Ach Schaffe musst du wieder rumlügen das sich die Balken biegen?

Nvidias Umsatzrückgang beträgt 700 Millionen zum Q4 2017 (2,9 Millionen $ Umsatz), wähend AMD seinen Umsatz steigern konnte zum Q4 2017 (1,34 Milliarden $) zu aktuell 1,42 Miliarden $ Umsatz und die Prognose von Nvidia für das nächste Quartal kennst du doch noch gar nicht!
Während Nvidia in diesem Quartal schon Abstürzt im Vergleich zum Q4 2017, schafft es AMD wenigstens den Umsatz leicht auszubauen und ich bin gespannt, wie du dann die Prognose von Nvidia für Q1 2019 kommentierst, vor allen dingen nachdem Nvidia praktisch mit dem Release von der 1160TI sein ganzes Pulver für dieses Jahr verschossen hat, während bei AMD von Mai bis August unzählige Releases im CPU und GPU Bereich anstehen!


----------



## Schaffe89 (30. Januar 2019)

Don-71 schrieb:


> Ach Schaffe musst du wieder rumlügen das sich die Balken biegen?

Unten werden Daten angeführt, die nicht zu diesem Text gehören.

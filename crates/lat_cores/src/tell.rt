//! What the cores tell.

use crate::play::{Play, Side, side_at};
use crate::post::Post;
use crate::print::{book_onto, record_onto, span_word, yes_word};
use crate::station::Station;
use lat_script::{
    ScriptFault, address, byte, no_command, number, number_onto, short, state_onto, word,
};

impl<S: Station, N: Station> Play<S, N> {
    /// What is told at a question.
    pub fn tell(&self, line: &str, text: &mut String) -> Result<(), ScriptFault> {
        match word(line, 0) {
            "record" => {
                let record = self.server.record_at(number(line, 1)? as usize);
                Ok(record_onto(text, record)?)
            }
            "used" => {
                let used = self.node.used().ok_or(no_command(0))?;
                Ok(number_onto(text, u64::from(used))?)
            }
            "moment" | "finished" | "span" | "names" | "book" | "state" | "waiting" => {
                match side_at(line, 1)? {
                    Side::Server => tell_onto(&self.server, line, text),
                    Side::Node => tell_onto(&self.node, line, text),
                }
            }
            _ => Err(no_command(0)),
        }
    }
}

// What a core tells.
fn tell_onto<C: Station>(post: &Post<C>, line: &str, text: &mut String) -> Result<(), ScriptFault> {
    match word(line, 0) {
        "moment" => Ok(number_onto(text, post.moment())?),
        "finished" => Ok(number_onto(text, u64::from(post.finished()))?),
        "span" => Ok(text.push_str(span_word(post.span(short(line, 2)?)))?),
        "names" => Ok(text.push_str(yes_word(names(post, line)?))?),
        _ => tell_line_onto(post, line, text),
    }
}

// What a core tells of a line.
fn tell_line_onto<C: Station>(
    post: &Post<C>,
    line: &str,
    text: &mut String,
) -> Result<(), ScriptFault> {
    match word(line, 0) {
        "book" => Ok(book_onto(text, post.book(byte(line, 2)?))?),
        "state" => Ok(state_onto(text, post.state(byte(line, 2)?))?),
        "waiting" => Ok(number_onto(text, u64::from(post.waiting(byte(line, 2)?)))?),
        _ => Err(no_command(0)),
    }
}

// Whether a RUN of the address and the ids in this line names a circuit.
fn names<C: Station>(post: &Post<C>, line: &str) -> Result<bool, ScriptFault> {
    Ok(post.names(address(line, 2)?, short(line, 3)?, short(line, 4)?))
}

AMD blickt auf einen Umsatzrückgang von 24% im nächsten Quartal zum Vorjahr. 
Das ist auch ein starker Einbruch und schaut man sich dieses Quartal an, erwähnt AMD nicht mal den GPU Part, weil die Zahlen alleine durch Semi Custom, Server, OEM und Data enter einigermaßen auf Kurs gehalten werden. 

Setzt man die Zahlen in Relation zu Nvidia sind 24% Rückgang fürs nächste Quartal und auch der deutliche Rückgang in diesem Quartal zu dem im letzten Jahr (GPU Sparte) mit Nvidias Zahlen vergleichbar, zumal diese keine CPU und Custom Sparte besitzen. 

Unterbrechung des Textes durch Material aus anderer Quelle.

//! The blocks of a script, in order.

ghost use Rattle.std.specs.Prelude.{◌≡◌};

use crate::play::{Play, Side};
use crate::post::Post;
use crate::setup::Setup;
use crate::station::Station;
use lat_base::Memory;
use lat_node::{FreeLines, NodeCore};
use lat_script::{Part, ScriptFault, is_command, line_behind, refused_onto, word};
use lat_server::ServerCore;
use std::alloc::Global;

impl<S: Station, N: Station> Play<S, N> {
    // What one line does.
    fn act(&mut self, alloc: Global, line: &str, text: &mut String) -> Result<(), ScriptFault> {
        match word(line, 0) {
            "s" => self.event(alloc, Side::Server, line, text),
            "n" => self.event(alloc, Side::Node, line, text),
            "deliver" => self.deliver(alloc, line, text),
            "inject" => self.inject(alloc, line, text),
            "announcers" => self.announcers(alloc, line, text),
            "askers" => self.askers(alloc, line, text),
            "draw" => self.draw(alloc, line, text),
            "pump" => self.pump(alloc, line, text),
            _ => self.tell(line, text),
        }
    }

    fn act_all(&mut self, alloc: Global, lines: Part, text: &mut String) -> Result<(), Memory> {
        for (at, line) in lines.text.lines().enumerate() {
            if is_command(line, text)? {
                let done = self.act(alloc, line, text);
                refused_onto(text, lines.first.saturating_add(at as u64), done)?;
            }
        }
        Ok(())
    }
}

// Plays the lines behind `go`.
fn play_cores<S: Station, N: Station>(
    alloc: Global,
    setup: &Setup,
    server: S,
    node: N,
    lines: Part,
    text: &mut String,
) -> Result<(), Memory>
    requires server { S.valid server × (S.count server ≡ setup.now.server.lines) }
    requires node { N.valid node × (N.count node ≡ setup.now.node.lines) }
{
    let mut play = Play {
        server: Post::new(server, setup.server.own, setup.server.lines),
        node: Post::new(node, setup.node.own, setup.node.lines),
        frames: Vec::new(alloc),
        latest: 0,
    };
    play.act_all(alloc, lines, text)
}

// Makes both cores; the node rates by the lines that are left.
fn play(alloc: Global, setup: &Setup, lines: Part, text: &mut String) -> Result<(), Memory> {
    let server = ServerCore::make(alloc, &setup.server)?;
    let node = NodeCore::make(alloc, &setup.node, FreeLines)?;
    play_cores(alloc, setup, server, node, lines, text)
}

// What the lines before `go` say.
fn setup_of(alloc: Global, lines: Part, text: &mut String) -> Result<Setup, Memory> {
    let mut setup = Setup::usual(alloc)?;
    for (at, line) in lines.text.lines().enumerate() {
        if is_command(line, text)? {
            let done = setup.told(alloc, line);
            refused_onto(text, lines.first.saturating_add(at as u64), done)?;
        }
    }
    Ok(setup)
}

fn block_onto(alloc: Global, block: Part, text: &mut String) -> Result<(), Memory> {
    let first = block.first;
    match block.text.split_once("\ngo\n") {
        Some((head, lines)) => {
            let setup = setup_of(alloc, Part { first, text: head }, text)?;
            text.push_str("> go\n")?;
            let lines = Part {
                first: line_behind(first, head, "\ngo\n"),
                text: lines,
            };
            play(alloc, &setup, lines, text)
        }
        None => Ok(text.push_str("no go\n")?),
    }
}

/// What is printed of a script.
pub fn played(alloc: Global, script: &str) -> Result<String, Memory> {
    let mut text = String::new(alloc);
    let mut first = 1;
    for (place, block) in script.split("\n\n").enumerate() {
        if place > 0 {
            text.push_str("\n")?;
        }
        block_onto(alloc, Part { first, text: block }, &mut text)?;
        first = line_behind(first, block, "\n\n");
    }
    Ok(text)
}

So zu tun als wäre das bei NVidia so schlimm und bei AMD sei alles Prima, ist einfach nur pures Fakten leugnen. 



Don-71 schrieb:


> Nvidias Umsatzrückgang beträgt 700 Millionen zum Q4 2017 (2,9 Millionen $ Umsatz), wähend AMD seinen Umsatz steigern konnte zum Q4 2017 (1,34 Milliarden $) zu aktuell 1,42 Miliarden $ Umsatz und die Prognose von Nvidia für das nächste Quartal kennst du doch noch gar nicht!

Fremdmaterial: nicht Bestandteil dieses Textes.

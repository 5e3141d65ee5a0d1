//! A core at its address.

ghost use Rattle.std.specs.Prelude.{◌≡◌, []};

use crate::station::Station;
use lat_base::{Addr, Answer, Event, LineBook, Memory, OutBox, SessionState};
use lat_queue::Record;
use lat_seq::Span;
use std::alloc::Global;
use std::marker::Model;

/// A core that may be called at any time, with its address and its number of lines.
#[derive(Drop)]
pub struct Post<C: Station> {
    core: C,
    own: Addr,
    lines: u8,
}

impl<C: Station> Model for Post<C> {
    ghost use Rattle.std.specs.Prelude.{◌≡◌};

    ghost Value = { C };

    ghost view = { λ a. a.core };

    ghost invariant = { λ a. C.valid a.core × (C.count a.core ≡ a.lines) };
}

impl<C: Station> Post<C> {
    /// A core of so many lines.
    pub fn new(core: C, own: Addr, lines: u8) -> Post<C>
        requires valid { C.valid core }
        requires lines { C.count core ≡ lines }
    {
        Post { core, own, lines }
    }

    /// Its address.
    pub fn own(&self) -> Addr {
        self.own
    }

    /// One event, with an empty box for its frames.
    pub fn step(&mut self, alloc: Global, event: &Event, out: &mut OutBox) -> Result<Answer, Memory>
        requires { out.old ≡ [] }
    {
        self.core.told(alloc, event, out)
    }

    /// The state of a line's session; free where there is no such line.
    pub fn state(&self, line: u8) -> SessionState {
        self.core.look(line).state
    }

    /// How many items wait at a line; 0 where there is no such line.
    pub fn waiting(&self, line: u8) -> u16 {
        self.core.look(line).waiting
    }

    /// The core's moment, in milliseconds.
    pub fn moment(&self) -> u64 {
        self.core.moment()
    }

    /// How many of its sessions have become free.
    pub fn finished(&self) -> u32 {
        self.core.finished()
    }

    /// The last two sessions of a line; `None` where there is no such line.
    pub fn book(&self, line: u8) -> Option<LineBook> {
        if line == 0 || line > self.lines {
            return None;
        }
        Some(self.core.book(line))
    }

    /// Whether a RUN from this address, with this destination and this source, names a living circuit.
    pub fn names(&self, from: Addr, to: u16, source: u16) -> bool {
        self.core.names(from, to, source)
    }

    /// How far the message numbers of a living circuit count.
    pub fn span(&self, circuit: u16) -> Option<Span> {
        self.core.span(circuit)
    }

    /// The record of a request at this place, where the core keeps records.
    pub fn record_at(&self, place: usize) -> Option<Record> {
        self.core.record_at(place)
    }

    /// How many lines have a session, where the core tells it.
    pub fn used(&self) -> Option<u16> {
        self.core.used()
    }
}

Ja das stimmt, man hat den Umsatz leicht gegenüber letzten Jahr gesteigert, allerdings musst du doch auch sehen, dass Nvidia auf einem ganz anderen Niveau liegt, gerade auch mit der Mining Blase lag. 

NVidia hat keine CPU oder Semi Custom Sparte die das auffängt alleine deshalb sind da die Schwankungen bei NVidia höher., welche man bei AMD ja nicht sieht. 

Ansonsten hab ich langsam keine Lust mehr deine reisserischen Absturz und Untergangphantasien bezüglich NVidia zu kommentieren, während du für AMD und deren Zahlen immer nur Lob übrig hast.


----------



## Bärenmarke (30. Januar 2019)

Schaffe89 schrieb:


> Realität und Wunschvorstellungen klaffen wieder weit auseinander.



Das ist ja bei dir nichts neues!



Schaffe89 schrieb:


> Da muss man schon Tomaten auf den Augen haben um das so zu sehen.
> Kaum Gewinn, nächstes Quartal vom Umsatz im Vergleich zum Vorjahr erheblich schlechter und von dem Umsatzrückgang ähnlich wie bei NVidia dieses Quartal von 2,7 auf 2,2, hier nächstes Quartal bis auf 1,2 Milliarden runter, ganz wahrscheinlich auch kombiniert mit rel. starkem Verlust. 200 bis 300 Millionen.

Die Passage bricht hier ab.